- 18-month median follow-up from the first head-to-head comparison of these two oral therapies to be presented Monday, June 7 at ASCO
- In this study, Tasigna produced deeper molecular responses and significantly reduced progression to advanced disease, resulting in fewer deaths due to CML
- Three times more patients achieved undetectable disease at the molecular level with Tasigna than with Glivec
- Tasigna registration data further confirmed by this new data; filing received FDA priority review and also submitted in EU, Switzerland, Japan
This 18-month median follow-up is from the first head-to-head comparison of these two oral therapies as initial treatment for this life-threatening blood cancer and will be presented on June 7 at the 46th American Society of Clinical Oncology (ASCO) annual meeting in Chicago.

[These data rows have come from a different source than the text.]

//! The first transaction of an output: published, cut off, published again, and followed by the second.

use crate::publishing::publish;
use crate::samples::{
    FIRST, FIRST_FILE, SECOND, SECOND_PRINT, VERSION_ONE, after_crash, empty_disk, looked_at, put,
    unit_behind,
};
use crate::untold_disk::UntoldDisk;
use cdc_dumper::Dumper;
use cdc_outside::{Disk, DiskFile};
use cdc_samples::blobs::blob_of;
use std::alloc::Global;
use std::test::Fail;

// Publishes one transaction more: the first on an empty output, else the second. False where a call failed.
fn publish_next(alloc: Global, disk: &mut UntoldDisk) -> Result<bool, Fail> {
    let Ok(mut dumper) = Dumper::open(disk) else {
        return Ok(false);
    };
    let ahead = dumper.appended();
    let number = ahead.count.min(1) + 1;
    let bytes = blob_of(
        alloc,
        if number == 1 {
            &FIRST_FILE
        } else {
            &SECOND_PRINT
        },
    )?;
    let Some(unit) = unit_behind(number, &ahead.layout(), bytes, false) else {
        return Ok(false);
    };
    if ahead.count > 1 {
        return Ok(false);
    }
    Ok(publish(&mut dumper, disk, &unit))
}

// Whether a file has these bytes and no more.
fn has_bytes(disk: &mut UntoldDisk, file: DiskFile, want: &[u8]) -> Result<bool, Fail> {
    let mut bytes = [0u8; 400];
    let read = disk.read_at(file, 0, &mut bytes)?;
    Ok(read <= 400 && &bytes[..read] == want)
}

// How many transactions an output has behind a crash, where publishing the first was stopped at a call. Publishing it
// again, where it isn't there, gives its file.
fn left(alloc: Global, stop: u64, pick: u8) -> Result<u64, Fail> {
    let mut disk = empty_disk(alloc, 3, 400, 16)?;
    disk.disk.stop_at(stop);
    let _done = publish_next(alloc, &mut disk)?;
    let mut left = after_crash(alloc, &disk, pick)?;
    let found = looked_at(&mut left)?;
    if found == 0 && !publish_next(alloc, &mut left)? {
        return Err(Fail::from("not published"));
    }
    if !has_bytes(&mut left, DiskFile::Log(1), &FIRST_FILE)? {
        return Err(Fail::from("another file"));
    }
    Ok(found)
}

// An opening syncs, asks for the lengths of both slots and of file 1. Publishing writes the unit and syncs; the store
// reads the gate, closes it and syncs, writes number and length, then the payload, and syncs, and opens the gate: with
// two calls for each write that is call 18, and the sync behind it call 19.
const GATE: u64 = 18;

#[test]
fn a_stop_before_the_gate_leaves_nothing(rt: HostRuntime) -> Result<(), Fail> {
    for stop in 1..GATE + 1 {
        for pick in 0..4 {
            let found = left(rt.alloc(), stop, pick)?;
            assert!(rt; found == 0, "stop {stop}, pick {pick}");
        }
    }
    Ok(())
}

#[test]
fn behind_the_gate_it_is_published_where_the_gate_is_open(rt: HostRuntime) -> Result<(), Fail> {
    for (stop, counts) in [(GATE + 1, [0, 1, 0, 1]), (GATE + 2, [1, 1, 1, 1])] {
        for (pick, want) in [
            (0, counts[0]),
            (1, counts[1]),
            (2, counts[2]),
            (3, counts[3]),
        ] {
            let found = left(rt.alloc(), stop, pick)?;
            assert!(rt; found == want, "stop {stop}, pick {pick}: {found}");
        }
    }
    Ok(())
}

// Whether the second transaction behind the first, of which a slot has this record, makes this record and 359 bytes.
fn second_is_right(alloc: Global, slot: &[u8]) -> Result<bool, Fail> {
    let mut disk = empty_disk(alloc, 3, 400, 32)?;
    put(&mut disk, DiskFile::Log(1), &FIRST_FILE)?;
    put(&mut disk, DiskFile::SlotA, slot)?;
    let mut want = [0u8; 359];
    want[..241].copy_from_slice(&FIRST_FILE);
    want[241..].copy_from_slice(&SECOND_PRINT);
    Ok(
        publish_next(alloc, &mut disk)?
            && has_bytes(&mut disk, DiskFile::Log(1), &want)?
            && has_bytes(&mut disk, DiskFile::SlotB, &SECOND)?,
    )
}

#[test]
fn the_second_behind_either_version_is_of_the_second_version(rt: HostRuntime) -> Result<(), Fail> {
    let behind_one = second_is_right(rt.alloc(), &VERSION_ONE)?;
    assert!(rt; behind_one);
    let behind_two = second_is_right(rt.alloc(), &FIRST)?;
    assert!(rt; behind_two);
    Ok(())
}

#[test]
fn the_first_has_these_bytes(rt: HostRuntime) -> Result<(), Fail> {
    let mut disk = empty_disk(rt.alloc(), 3, 400, 32)?;
    let done = publish_next(rt.alloc(), &mut disk)?;
    let slot = has_bytes(&mut disk, DiskFile::SlotA, &FIRST)?;
    let file = has_bytes(&mut disk, DiskFile::Log(1), &FIRST_FILE)?;
    assert!(rt; done && slot && file);
    Ok(())
}
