//! Ten units over three files, and what the files have by and by.
//!
//! With a rotation size of 256 the first unit of a file has 163 bytes, the next two have 40 each, and the fourth has 80
//! and closes the file. Each byte of a unit is the unit's number.

ghost use Rattle.std.specs.Prelude.{◌≡◌, ◌+◌, ◌≤◌, ◌^◌, IfOk, IfSome};
ghost use Rattle.cdc_records.specs.Front.{front_layout};

use crate::samples::unit_behind;
use cdc_base::Memory;
use cdc_dumper::Dumper;
use cdc_model::Unit;
use cdc_outside::{Disk, DiskFile, Failed};
use cdc_samples::blobs::filled;
use std::alloc::Global;

/// How many bytes a file has with so many units.
const ENDS: [u64; 5] = [0, 163, 203, 243, 323];

/// The unit behind what was appended; none behind the tenth.
pub fn next_of_ten(alloc: Global, dumper: &Dumper) -> Result<Option<Unit>, Memory>
    ensures number { IfOk result (λ made. IfSome made (λ unit. unit.number ≡ dumper.now.appended.count + 1)) }
    ensures most { IfOk result (λ made. IfSome made (λ unit. unit.number ≤ 2 ^ 62)) }
    ensures before { IfOk result (λ made. IfSome made (λ unit. unit.before ≡ front_layout dumper.now.appended)) }
{
    let ahead = dumper.appended();
    if ahead.count >= 10 {
        return Ok(None);
    }
    let number = ahead.count + 1;
    let bytes = filled(alloc, number as u8, size_of(number))?;
    Ok(unit_behind(number, &ahead.layout(), bytes, number % 4 == 0))
}

// How many bytes the unit of a number has.
fn size_of(number: u64) -> usize {
    match number % 4 {
        1 => 163,
        0 => 80,
        _ => 40,
    }
}

// How many bytes a file has when so many units stand in the files.
fn length_with(count: u64, file: u64) -> u64 {
    let before = file.saturating_sub(1).saturating_mul(4);
    let units = count.saturating_sub(before).min(4);
    ENDS[units as usize]
}

// The number of the unit to which a byte of a file belongs.
fn unit_at(file: u64, place: u64) -> u64 {
    let before = file.saturating_sub(1).saturating_mul(4);
    let own = match place {
        0..163 => 1,
        163..203 => 2,
        203..243 => 3,
        _ => 4,
    };
    before.saturating_add(own)
}

// Whether each of these bytes of a file is the number of its unit.
fn are_of_units(file: u64, bytes: &[u8]) -> bool {
    for place in 0..bytes.len() {
        if u64::from(bytes[place]) != unit_at(file, place as u64) {
            return false;
        }
    }
    true
}

// Whether a file has its bytes of so many units, and no more.
fn is_whole<D: Disk>(disk: &mut D, file: u64, count: u64) -> Result<bool, Failed> {
    let want = length_with(count, file);
    if disk.length(DiskFile::Log(file))? != want {
        return Ok(false);
    }
    let mut bytes = [0u8; 400];
    let read = disk.read_at(DiskFile::Log(file), 0, &mut bytes)?;
    Ok(read as u64 == want && are_of_units(file, &bytes[..read]))
}

/// Whether the three files have the first units, so many of them, and no more.
pub fn has_front<D: Disk>(disk: &mut D, count: u64) -> Result<bool, Failed> {
    for file in 1..4 {
        if !is_whole(disk, file, count)? {
            return Ok(false);
        }
    }
    Ok(true)
}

Tasigna produced deeper levels of molecular response than Glivec in front-line Ph+ CML and significantly reduced progression to accelerated phase and blast crisis, resulting in fewer deaths due to CML. Notably, three times more patients achieved undetectable disease at the molecular level with Tasigna than with Glivec. Further, Tasigna surpassed Glivec in other key measures of treatment efficacy.
"Tasigna demonstrates that by more selectively inhibiting BCR-ABL, the key driver of Ph+ CML, we can reduce progression to advanced disease even further than with the current gold standard Glivec," said Richard Larson, MD, ENESTnd study investigator and Director of the Hematologic Malignancies Program at the University of Chicago. "The efficacy and safety findings achieved by Tasigna in this study provide patients and physicians with an important new treatment option."
In February 2010 the US Food & Drug Administration (FDA) granted Tasigna priority review status for newly diagnosed Ph+ CML patients. Regulatory submissions have been filed in the EU, Switzerland and Japan. The new ENESTnd data to be presented at ASCO will further confirm the findings in those filings, all of which were based on 13.8-month median follow-up data from the study.
The clinical trial, Evaluating Nilotinib Efficacy and Safety in Clinical Trials of Newly Diagnosed Ph+ CML Patients (ENESTnd), is a Phase III randomized, open-label, multicenter trial comparing the efficacy and safety of Tasigna versus Glivec in adult patients with newly diagnosed Ph+ CML in chronic phase. It is the largest global randomized comparison of two oral therapies ever conducted in newly diagnosed Ph+ CML patients.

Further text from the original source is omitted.